**ASSIGNMENT:** In the entries that follow, find every line containing "doesn" and copy it.

[Saved entries]

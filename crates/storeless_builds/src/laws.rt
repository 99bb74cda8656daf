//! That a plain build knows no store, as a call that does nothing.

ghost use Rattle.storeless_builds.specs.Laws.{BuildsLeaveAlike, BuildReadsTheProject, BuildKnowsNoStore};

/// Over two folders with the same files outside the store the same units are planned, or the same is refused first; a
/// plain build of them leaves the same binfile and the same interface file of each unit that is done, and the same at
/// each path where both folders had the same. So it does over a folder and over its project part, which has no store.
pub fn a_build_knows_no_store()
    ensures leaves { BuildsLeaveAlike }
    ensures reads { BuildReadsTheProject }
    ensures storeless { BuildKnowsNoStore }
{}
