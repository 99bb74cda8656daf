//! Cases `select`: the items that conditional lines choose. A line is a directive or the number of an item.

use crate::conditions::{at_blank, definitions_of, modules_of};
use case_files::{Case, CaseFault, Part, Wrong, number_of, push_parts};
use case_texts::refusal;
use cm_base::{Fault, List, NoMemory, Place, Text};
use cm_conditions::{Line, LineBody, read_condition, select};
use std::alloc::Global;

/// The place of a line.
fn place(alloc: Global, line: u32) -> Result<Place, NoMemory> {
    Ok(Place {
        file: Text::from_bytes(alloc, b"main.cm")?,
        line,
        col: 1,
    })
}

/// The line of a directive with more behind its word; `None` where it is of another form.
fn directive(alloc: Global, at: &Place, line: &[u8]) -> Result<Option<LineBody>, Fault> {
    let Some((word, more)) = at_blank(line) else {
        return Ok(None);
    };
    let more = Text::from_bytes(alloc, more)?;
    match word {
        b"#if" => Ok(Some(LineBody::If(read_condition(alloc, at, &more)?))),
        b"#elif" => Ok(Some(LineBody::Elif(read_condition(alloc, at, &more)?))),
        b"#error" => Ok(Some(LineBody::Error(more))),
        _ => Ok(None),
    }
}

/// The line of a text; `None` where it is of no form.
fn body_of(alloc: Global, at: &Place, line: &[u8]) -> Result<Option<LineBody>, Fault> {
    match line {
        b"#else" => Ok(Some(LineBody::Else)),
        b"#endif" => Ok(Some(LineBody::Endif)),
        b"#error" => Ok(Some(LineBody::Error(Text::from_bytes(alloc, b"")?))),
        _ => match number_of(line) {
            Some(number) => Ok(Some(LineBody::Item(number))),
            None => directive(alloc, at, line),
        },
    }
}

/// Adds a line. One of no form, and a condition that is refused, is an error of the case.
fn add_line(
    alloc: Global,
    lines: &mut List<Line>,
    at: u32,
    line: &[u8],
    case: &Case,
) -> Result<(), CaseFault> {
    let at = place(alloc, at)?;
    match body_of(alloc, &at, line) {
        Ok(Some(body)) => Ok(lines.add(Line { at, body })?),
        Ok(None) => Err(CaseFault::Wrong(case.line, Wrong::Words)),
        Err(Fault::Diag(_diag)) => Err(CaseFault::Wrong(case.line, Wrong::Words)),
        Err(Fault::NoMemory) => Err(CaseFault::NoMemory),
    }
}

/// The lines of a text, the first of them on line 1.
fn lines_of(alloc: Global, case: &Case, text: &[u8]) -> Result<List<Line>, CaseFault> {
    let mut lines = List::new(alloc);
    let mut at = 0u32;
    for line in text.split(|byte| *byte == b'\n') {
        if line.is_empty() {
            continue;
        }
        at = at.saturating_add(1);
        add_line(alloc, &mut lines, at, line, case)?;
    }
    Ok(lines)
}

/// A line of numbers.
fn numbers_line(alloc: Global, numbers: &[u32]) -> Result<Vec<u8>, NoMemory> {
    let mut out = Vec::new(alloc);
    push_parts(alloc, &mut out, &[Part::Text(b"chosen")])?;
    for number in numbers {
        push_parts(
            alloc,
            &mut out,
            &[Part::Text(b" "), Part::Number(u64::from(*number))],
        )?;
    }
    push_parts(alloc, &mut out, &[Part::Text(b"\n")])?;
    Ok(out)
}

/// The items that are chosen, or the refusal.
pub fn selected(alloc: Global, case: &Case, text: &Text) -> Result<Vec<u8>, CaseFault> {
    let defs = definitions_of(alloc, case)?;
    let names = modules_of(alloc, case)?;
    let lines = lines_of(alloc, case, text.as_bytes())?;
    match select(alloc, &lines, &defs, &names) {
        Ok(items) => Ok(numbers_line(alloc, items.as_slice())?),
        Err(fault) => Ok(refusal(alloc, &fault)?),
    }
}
--
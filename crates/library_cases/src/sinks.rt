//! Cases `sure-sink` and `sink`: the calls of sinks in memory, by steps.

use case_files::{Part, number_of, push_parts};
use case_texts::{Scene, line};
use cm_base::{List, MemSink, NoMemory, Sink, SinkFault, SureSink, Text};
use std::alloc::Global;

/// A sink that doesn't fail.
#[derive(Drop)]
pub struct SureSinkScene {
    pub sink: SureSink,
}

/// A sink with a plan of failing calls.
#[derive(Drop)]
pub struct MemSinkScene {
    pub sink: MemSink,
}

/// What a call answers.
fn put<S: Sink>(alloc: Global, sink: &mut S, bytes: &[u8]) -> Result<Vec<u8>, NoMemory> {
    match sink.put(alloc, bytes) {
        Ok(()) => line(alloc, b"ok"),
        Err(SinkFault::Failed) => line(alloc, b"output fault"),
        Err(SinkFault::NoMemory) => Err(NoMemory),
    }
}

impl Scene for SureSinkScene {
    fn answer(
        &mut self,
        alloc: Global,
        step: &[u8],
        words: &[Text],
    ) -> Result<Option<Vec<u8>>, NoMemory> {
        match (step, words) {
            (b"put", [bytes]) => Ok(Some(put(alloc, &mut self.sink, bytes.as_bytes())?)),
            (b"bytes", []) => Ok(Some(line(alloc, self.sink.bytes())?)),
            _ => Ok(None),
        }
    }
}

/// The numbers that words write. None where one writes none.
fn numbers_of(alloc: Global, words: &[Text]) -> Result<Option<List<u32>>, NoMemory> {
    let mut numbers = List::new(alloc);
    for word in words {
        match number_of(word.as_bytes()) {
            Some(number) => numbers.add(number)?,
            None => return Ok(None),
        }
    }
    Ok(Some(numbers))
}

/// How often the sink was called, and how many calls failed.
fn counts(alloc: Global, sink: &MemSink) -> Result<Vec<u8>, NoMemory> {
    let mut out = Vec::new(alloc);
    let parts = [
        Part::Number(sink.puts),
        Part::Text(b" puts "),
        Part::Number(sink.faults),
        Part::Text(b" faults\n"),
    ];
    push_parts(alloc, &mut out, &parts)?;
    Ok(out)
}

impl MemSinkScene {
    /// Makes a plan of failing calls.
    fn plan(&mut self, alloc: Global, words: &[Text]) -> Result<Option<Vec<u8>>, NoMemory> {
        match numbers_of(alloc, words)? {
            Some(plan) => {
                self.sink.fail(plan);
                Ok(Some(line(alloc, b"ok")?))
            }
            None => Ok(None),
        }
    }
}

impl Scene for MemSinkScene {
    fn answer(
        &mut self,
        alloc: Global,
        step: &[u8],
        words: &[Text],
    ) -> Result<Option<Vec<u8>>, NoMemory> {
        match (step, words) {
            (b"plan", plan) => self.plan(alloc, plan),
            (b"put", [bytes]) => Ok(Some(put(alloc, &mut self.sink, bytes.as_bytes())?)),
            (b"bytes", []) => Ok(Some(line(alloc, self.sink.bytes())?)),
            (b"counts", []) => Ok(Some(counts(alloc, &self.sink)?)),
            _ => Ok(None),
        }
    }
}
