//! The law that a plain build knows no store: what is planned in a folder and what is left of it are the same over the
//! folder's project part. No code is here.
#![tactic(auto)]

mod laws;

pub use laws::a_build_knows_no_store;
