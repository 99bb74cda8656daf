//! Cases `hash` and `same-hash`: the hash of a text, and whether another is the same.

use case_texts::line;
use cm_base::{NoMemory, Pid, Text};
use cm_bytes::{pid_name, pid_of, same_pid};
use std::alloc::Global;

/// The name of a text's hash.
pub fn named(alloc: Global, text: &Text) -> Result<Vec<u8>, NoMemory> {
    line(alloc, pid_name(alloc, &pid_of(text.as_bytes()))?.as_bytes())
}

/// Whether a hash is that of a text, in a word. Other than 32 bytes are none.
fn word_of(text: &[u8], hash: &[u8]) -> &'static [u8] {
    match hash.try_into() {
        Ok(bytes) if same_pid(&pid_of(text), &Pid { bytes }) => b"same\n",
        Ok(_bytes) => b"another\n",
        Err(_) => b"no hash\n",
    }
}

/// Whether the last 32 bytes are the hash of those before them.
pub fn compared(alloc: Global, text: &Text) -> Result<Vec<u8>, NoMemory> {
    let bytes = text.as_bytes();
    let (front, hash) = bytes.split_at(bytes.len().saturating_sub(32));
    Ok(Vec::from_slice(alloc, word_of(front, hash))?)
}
...
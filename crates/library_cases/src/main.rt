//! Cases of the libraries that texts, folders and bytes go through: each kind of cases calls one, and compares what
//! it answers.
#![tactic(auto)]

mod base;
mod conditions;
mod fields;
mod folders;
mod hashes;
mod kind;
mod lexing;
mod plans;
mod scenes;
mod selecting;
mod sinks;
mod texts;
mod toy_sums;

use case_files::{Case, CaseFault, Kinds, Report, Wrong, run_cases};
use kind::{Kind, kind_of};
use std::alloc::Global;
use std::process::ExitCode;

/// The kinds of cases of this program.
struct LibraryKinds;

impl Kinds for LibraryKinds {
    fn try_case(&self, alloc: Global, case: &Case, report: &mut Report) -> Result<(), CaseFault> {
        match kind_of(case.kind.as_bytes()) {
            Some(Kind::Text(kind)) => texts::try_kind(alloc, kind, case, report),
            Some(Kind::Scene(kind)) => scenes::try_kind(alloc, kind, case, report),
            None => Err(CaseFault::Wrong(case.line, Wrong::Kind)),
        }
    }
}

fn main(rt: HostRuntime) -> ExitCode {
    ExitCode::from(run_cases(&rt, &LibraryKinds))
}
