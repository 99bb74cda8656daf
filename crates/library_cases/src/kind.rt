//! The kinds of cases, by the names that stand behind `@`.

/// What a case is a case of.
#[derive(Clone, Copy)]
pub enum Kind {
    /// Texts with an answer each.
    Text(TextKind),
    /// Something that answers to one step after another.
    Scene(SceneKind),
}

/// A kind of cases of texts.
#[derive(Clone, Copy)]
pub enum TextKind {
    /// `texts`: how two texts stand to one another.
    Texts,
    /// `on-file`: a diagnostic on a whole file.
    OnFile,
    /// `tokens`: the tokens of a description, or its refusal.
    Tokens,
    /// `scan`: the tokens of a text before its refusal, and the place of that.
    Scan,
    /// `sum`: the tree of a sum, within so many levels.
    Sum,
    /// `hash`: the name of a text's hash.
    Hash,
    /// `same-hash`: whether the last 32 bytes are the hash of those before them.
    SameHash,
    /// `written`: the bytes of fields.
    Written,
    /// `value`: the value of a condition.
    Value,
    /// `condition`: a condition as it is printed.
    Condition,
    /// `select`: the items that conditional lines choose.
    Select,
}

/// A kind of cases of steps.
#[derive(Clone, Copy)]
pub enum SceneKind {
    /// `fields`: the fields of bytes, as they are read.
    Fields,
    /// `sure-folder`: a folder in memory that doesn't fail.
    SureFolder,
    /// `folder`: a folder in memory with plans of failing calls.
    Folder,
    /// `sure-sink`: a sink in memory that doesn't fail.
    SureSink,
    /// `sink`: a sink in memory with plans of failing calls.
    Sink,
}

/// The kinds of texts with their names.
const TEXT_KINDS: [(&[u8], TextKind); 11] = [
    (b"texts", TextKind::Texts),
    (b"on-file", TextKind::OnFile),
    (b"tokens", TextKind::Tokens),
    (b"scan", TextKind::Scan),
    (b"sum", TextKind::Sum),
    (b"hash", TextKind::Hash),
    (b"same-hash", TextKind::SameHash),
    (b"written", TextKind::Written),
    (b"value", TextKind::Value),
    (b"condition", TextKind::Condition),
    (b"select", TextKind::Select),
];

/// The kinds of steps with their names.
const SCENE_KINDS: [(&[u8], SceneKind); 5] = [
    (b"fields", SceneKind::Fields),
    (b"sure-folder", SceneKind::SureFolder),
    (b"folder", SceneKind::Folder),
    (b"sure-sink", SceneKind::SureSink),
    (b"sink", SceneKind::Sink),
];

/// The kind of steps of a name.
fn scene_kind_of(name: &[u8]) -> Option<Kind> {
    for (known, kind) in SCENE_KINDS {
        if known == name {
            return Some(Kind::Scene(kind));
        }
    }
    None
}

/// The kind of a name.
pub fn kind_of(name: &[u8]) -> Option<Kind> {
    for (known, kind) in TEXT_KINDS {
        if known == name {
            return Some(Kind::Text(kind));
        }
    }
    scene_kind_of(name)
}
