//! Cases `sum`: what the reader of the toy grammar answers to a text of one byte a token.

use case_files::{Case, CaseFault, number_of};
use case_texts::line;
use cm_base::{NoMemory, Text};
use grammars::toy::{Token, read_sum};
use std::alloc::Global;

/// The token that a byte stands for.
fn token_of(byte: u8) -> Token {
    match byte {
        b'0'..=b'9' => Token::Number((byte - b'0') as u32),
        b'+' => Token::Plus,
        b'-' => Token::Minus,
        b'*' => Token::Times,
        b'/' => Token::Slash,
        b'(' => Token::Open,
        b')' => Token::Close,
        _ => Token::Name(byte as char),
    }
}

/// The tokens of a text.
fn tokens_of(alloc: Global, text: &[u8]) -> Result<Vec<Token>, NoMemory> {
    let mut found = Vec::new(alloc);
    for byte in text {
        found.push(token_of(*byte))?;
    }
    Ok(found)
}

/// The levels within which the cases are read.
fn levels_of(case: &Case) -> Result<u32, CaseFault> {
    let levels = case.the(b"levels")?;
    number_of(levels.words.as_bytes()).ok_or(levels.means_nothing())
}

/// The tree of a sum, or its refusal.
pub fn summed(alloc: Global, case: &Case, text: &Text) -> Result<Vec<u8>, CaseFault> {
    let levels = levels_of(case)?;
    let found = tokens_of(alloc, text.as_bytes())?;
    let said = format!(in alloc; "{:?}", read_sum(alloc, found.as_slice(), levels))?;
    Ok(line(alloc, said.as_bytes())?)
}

**ANSWER TO THIS TASK:**
/// A sink that doesn't fail.
    /// `sure-folder`: a folder in memory that doesn't fail.
    /// `sure-sink`: a sink in memory that doesn't fail.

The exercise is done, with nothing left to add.